(Beginning of DATA SUPPLIED)

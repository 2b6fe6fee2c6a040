// Works constant expressions: the table of the cases of `const_value` and `is_constant`, and a way to time them. It is no part
// of the product.
//
// Standard input is a program, a line `====` and cases, one a line: an expression, behind the word `exact` where a division of
// whole constants must leave no remainder, or behind the word `constant` where it is asked whether the expression is constant.
// Each case is shown with its constant, or with the rule that it breaks and the column. The names of the program mean this in
// the cases: an assigned one the constant that it is assigned, a declared variable a run-time value, and any other that is
// declared some other thing; `pi` and `tau` are predefined.
//
// It stands on `const_eval`, and on `qasm_lexer` and `qasm_stmt` for the expressions.
#![tactic(auto)]

mod names;

use anyhow::{Context, Result, bail};
use const_eval::{Const, const_value, is_constant};
use names::{Named, Names};
use qasm_ast::{ExprId, OperandName, Program, Stmt, StmtId, StmtKind, ValueRef};
use qasm_lexer::{MOST_BYTES, lex};
use qasm_stmt::parse_program;
use qq_base::Fault;
use std::alloc::Global;
use std::io;

fn main(rt: HostRuntime) -> Result<()> {
    let alloc = rt.alloc();
    let input = io::read_to_string(alloc, rt.stdin())?;
    let (declarations, cases) = input.split_once("====\n").context("no line ====")?;
    for case in cases.lines() {
        let answer = answer(alloc, declarations, case)?;
        rt.println(format_args!("{case}: {answer}"))?;
    }
    Ok(())
}

/// What is asked of an expression.
#[derive(Clone, Copy)]
enum Question {
    Value { exact: bool },
    Constancy,
}

/// The question of a case, and its expression.
fn asked(case: &str) -> (Question, &str) {
    if let Some(expr) = case.strip_prefix("exact ") {
        return (Question::Value { exact: true }, expr);
    }
    if let Some(expr) = case.strip_prefix("constant ") {
        return (Question::Constancy, expr);
    }
    (Question::Value { exact: false }, case)
}

/// The answer of a case.
fn answer(alloc: Global, declarations: &str, case: &str) -> Result<String> {
    let (question, expr) = asked(case);
    let text = format!(in alloc; "{declarations}x =\n{expr}\n;\n")?;
    match parsed(alloc, text.as_str()) {
        Ok(program) => worked(alloc, &program, question),
        Err(fault) => refusal(alloc, fault),
    }
}

/// The answer to a question of the last expression of a program.
fn worked(alloc: Global, program: &Program, question: Question) -> Result<String> {
    let (last, earlier) = program.top.items.split_last().context("no case")?;
    let mut names = Names::new(alloc, program)?;
    for id in earlier {
        declare(alloc, program, *id, &mut names)?;
    }
    let last = statement(program, *last)?;
    let (_, expr) = assigned(last).context("the case is no expression")?;
    shown(alloc, program, expr, &names, question)
}

/// The program of a text.
fn parsed(alloc: Global, text: &str) -> Result<Program, Fault> {
    if text.len() > MOST_BYTES {
        return Err(Fault::Memory);
    }
    let tokens = lex(alloc, text.as_bytes())?;
    parse_program(alloc, text, tokens.as_slice())
}

/// A statement of a program.
fn statement(program: &Program, id: StmtId) -> Result<&Stmt> {
    program
        .stmts
        .get(id.0 as usize)
        .context("a statement of another program")
}

/// Declares what a statement says of its name.
fn declare(alloc: Global, program: &Program, id: StmtId, names: &mut Names) -> Result<()> {
    let stmt = statement(program, id)?;
    match &stmt.kind {
        StmtKind::Variable(_, declared, _) => names.declare(declared.name, Named::Running),
        StmtKind::Qubit(_, declared) | StmtKind::Gate { name: declared, .. } => {
            names.declare(declared.name, Named::Other)
        }
        _ => {
            let (name, expr) = assigned(stmt).context("a statement of another kind")?;
            if !names.serve(program, expr) {
                bail!("an expression of another program");
            }
            match const_value(alloc, program, expr, names, false) {
                Ok(value) => names.declare(name, Named::Held(value)),
                Err(_) => bail!("no constant"),
            }
        }
    }
    Ok(())
}

/// The name that a statement assigns, and the expression.
fn assigned(stmt: &Stmt) -> Option<(u32, ExprId)> {
    let StmtKind::Assign(target, None, ValueRef::Expr(expr)) = &stmt.kind else {
        return None;
    };
    match target.name {
        OperandName::Name(name) => Some((name, *expr)),
        OperandName::Hardware(_) => None,
    }
}

/// The answer to a question.
fn shown(
    alloc: Global,
    program: &Program,
    expr: ExprId,
    names: &Names,
    question: Question,
) -> Result<String> {
    if !names.serve(program, expr) {
        bail!("an expression of another program");
    }
    let exact = match question {
        Question::Value { exact } => exact,
        Question::Constancy => {
            let word = if is_constant(program, expr, names) {
                "yes"
            } else {
                "no"
            };
            return Ok(String::from_str(alloc, word)?);
        }
    };
    match const_value(alloc, program, expr, names, exact) {
        Ok(value) => shown_constant(alloc, &value),
        Err(fault) => refusal(alloc, fault),
    }
}

/// A constant.
fn shown_constant(alloc: Global, value: &Const) -> Result<String> {
    match value {
        Const::Whole(whole) => {
            let number = whole.number;
            Ok(format!(in alloc; "{number}")?)
        }
        Const::Pi(part) => {
            let num = part.num();
            let den = part.den();
            Ok(format!(in alloc; "pi {num}/{den}")?)
        }
        Const::Bool(truth) => Ok(format!(in alloc; "{truth}")?),
        Const::Bits(bits) => {
            let mut text = String::from_str(alloc, "\"")?;
            for bit in &bits.text.items {
                text.push(if *bit { '1' } else { '0' })?;
            }
            text.push('"')?;
            Ok(text)
        }
        Const::Angle(angle) => {
            let width = angle.width;
            let count = angle.count;
            Ok(format!(in alloc; "angle[{width}] {count}")?)
        }
    }
}

/// A refusal, with its column.
fn refusal(alloc: Global, fault: Fault) -> Result<String> {
    match fault {
        Fault::Refused(refusal) => {
            let number = refusal.rule.number();
            let name = refusal.rule.name();
            let column = refusal.at.column;
            Ok(format!(in alloc; "Q{number} {name} at {column}")?)
        }
        Fault::Memory => bail!("no memory"),
    }
}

(End of DATA SUPPLIED)

YOUR ASSIGNMENT:
The entries above must be retyped exactly, down to the last character.

RESPONSE:
repository 2b6fe6fee2c6a040
// Works constant expressions: the table of the cases of `const_value` and `is_constant`, and a way to time them. It is no part
// of the product.
//
// Standard input is a program, a line `====` and cases, one a line: an expression, behind the word `exact` where a division of
// whole constants must leave no remainder, or behind the word `constant` where it is asked whether the expression is constant.
// Each case is shown with its constant, or with the rule that it breaks and the column. The names of the program mean this in
// the cases: an assigned one the constant that it is assigned, a declared variable a run-time value, and any other that is
// declared some other thing; `pi` and `tau` are predefined.
//
// It stands on `const_eval`, and on `qasm_lexer` and `qasm_stmt` for the expressions.
#![tactic(auto)]

mod names;

use anyhow::{Context, Result, bail};
use const_eval::{Const, const_value, is_constant};
use names::{Named, Names};
use qasm_ast::{ExprId, OperandName, Program, Stmt, StmtId, StmtKind, ValueRef};
use qasm_lexer::{MOST_BYTES, lex};
use qasm_stmt::parse_program;
use qq_base::Fault;
use std::alloc::Global;
use std::io;

fn main(rt: HostRuntime) -> Result<()> {
    let alloc = rt.alloc();
    let input = io::read_to_string(alloc, rt.stdin())?;
    let (declarations, cases) = input.split_once("====\n").context("no line ====")?;
    for case in cases.lines() {
        let answer = answer(alloc, declarations, case)?;
        rt.println(format_args!("{case}: {answer}"))?;
    }
    Ok(())
}

/// What is asked of an expression.
#[derive(Clone, Copy)]
enum Question {
    Value { exact: bool },
    Constancy,
}

/// The question of a case, and its expression.
fn asked(case: &str) -> (Question, &str) {
    if let Some(expr) = case.strip_prefix("exact ") {
        return (Question::Value { exact: true }, expr);
    }
    if let Some(expr) = case.strip_prefix("constant ") {
        return (Question::Constancy, expr);
    }
    (Question::Value { exact: false }, case)
}

/// The answer of a case.
fn answer(alloc: Global, declarations: &str, case: &str) -> Result<String> {
    let (question, expr) = asked(case);
    let text = format!(in alloc; "{declarations}x =\n{expr}\n;\n")?;
    match parsed(alloc, text.as_str()) {
        Ok(program) => worked(alloc, &program, question),
        Err(fault) => refusal(alloc, fault),
    }
}

/// The answer to a question of the last expression of a program.
fn worked(alloc: Global, program: &Program, question: Question) -> Result<String> {
    let (last, earlier) = program.top.items.split_last().context("no case")?;
    let mut names = Names::new(alloc, program)?;
    for id in earlier {
        declare(alloc, program, *id, &mut names)?;
    }
    let last = statement(program, *last)?;
    let (_, expr) = assigned(last).context("the case is no expression")?;
    shown(alloc, program, expr, &names, question)
}

/// The program of a text.
fn parsed(alloc: Global, text: &str) -> Result<Program, Fault> {
    if text.len() > MOST_BYTES {
        return Err(Fault::Memory);
    }
    let tokens = lex(alloc, text.as_bytes())?;
    parse_program(alloc, text, tokens.as_slice())
}

/// A statement of a program.
fn statement(program: &Program, id: StmtId) -> Result<&Stmt> {
    program
        .stmts
        .get(id.0 as usize)
        .context("a statement of another program")
}

/// Declares what a statement says of its name.
fn declare(alloc: Global, program: &Program, id: StmtId, names: &mut Names) -> Result<()> {
    let stmt = statement(program, id)?;
    match &stmt.kind {
        StmtKind::Variable(_, declared, _) => names.declare(declared.name, Named::Running),
        StmtKind::Qubit(_, declared) | StmtKind::Gate { name: declared, .. } => {
            names.declare(declared.name, Named::Other)
        }
        _ => {
            let (name, expr) = assigned(stmt).context("a statement of another kind")?;
            if !names.serve(program, expr) {
                bail!("an expression of another program");
            }
            match const_value(alloc, program, expr, names, false) {
                Ok(value) => names.declare(name, Named::Held(value)),
                Err(_) => bail!("no constant"),
            }
        }
    }
    Ok(())
}

/// The name that a statement assigns, and the expression.
fn assigned(stmt: &Stmt) -> Option<(u32, ExprId)> {
    let StmtKind::Assign(target, None, ValueRef::Expr(expr)) = &stmt.kind else {
        return None;
    };
    match target.name {
        OperandName::Name(name) => Some((name, *expr)),
        OperandName::Hardware(_) => None,
    }
}

/// The answer to a question.
fn shown(
    alloc: Global,
    program: &Program,
    expr: ExprId,
    names: &Names,
    question: Question,
) -> Result<String> {
    if !names.serve(program, expr) {
        bail!("an expression of another program");
    }
    let exact = match question {
        Question::Value { exact } => exact,
        Question::Constancy => {
            let word = if is_constant(program, expr, names) {
                "yes"
            } else {
                "no"
            };
            return Ok(String::from_str(alloc, word)?);
        }
    };
    match const_value(alloc, program, expr, names, exact) {
        Ok(value) => shown_constant(alloc, &value),
        Err(fault) => refusal(alloc, fault),
    }
}

/// A constant.
fn shown_constant(alloc: Global, value: &Const) -> Result<String> {
    match value {
        Const::Whole(whole) => {
            let number = whole.number;
            Ok(format!(in alloc; "{number}")?)
        }
        Const::Pi(part) => {
            let num = part.num();
            let den = part.den();
            Ok(format!(in alloc; "pi {num}/{den}")?)
        }
        Const::Bool(truth) => Ok(format!(in alloc; "{truth}")?),
        Const::Bits(bits) => {
            let mut text = String::from_str(alloc, "\"")?;
            for bit in &bits.text.items {
                text.push(if *bit { '1' } else { '0' })?;
            }
            text.push('"')?;
            Ok(text)
        }
        Const::Angle(angle) => {
            let width = angle.width;
            let count = angle.count;
            Ok(format!(in alloc; "angle[{width}] {count}")?)
        }
    }
}

/// A refusal, with its column.
fn refusal(alloc: Global, fault: Fault) -> Result<String> {
    match fault {
        Fault::Refused(refusal) => {
            let number = refusal.rule.number();
            let name = refusal.rule.name();
            let column = refusal.at.column;
            Ok(format!(in alloc; "Q{number} {name} at {column}")?)
        }
        Fault::Memory => bail!("no memory"),
    }
}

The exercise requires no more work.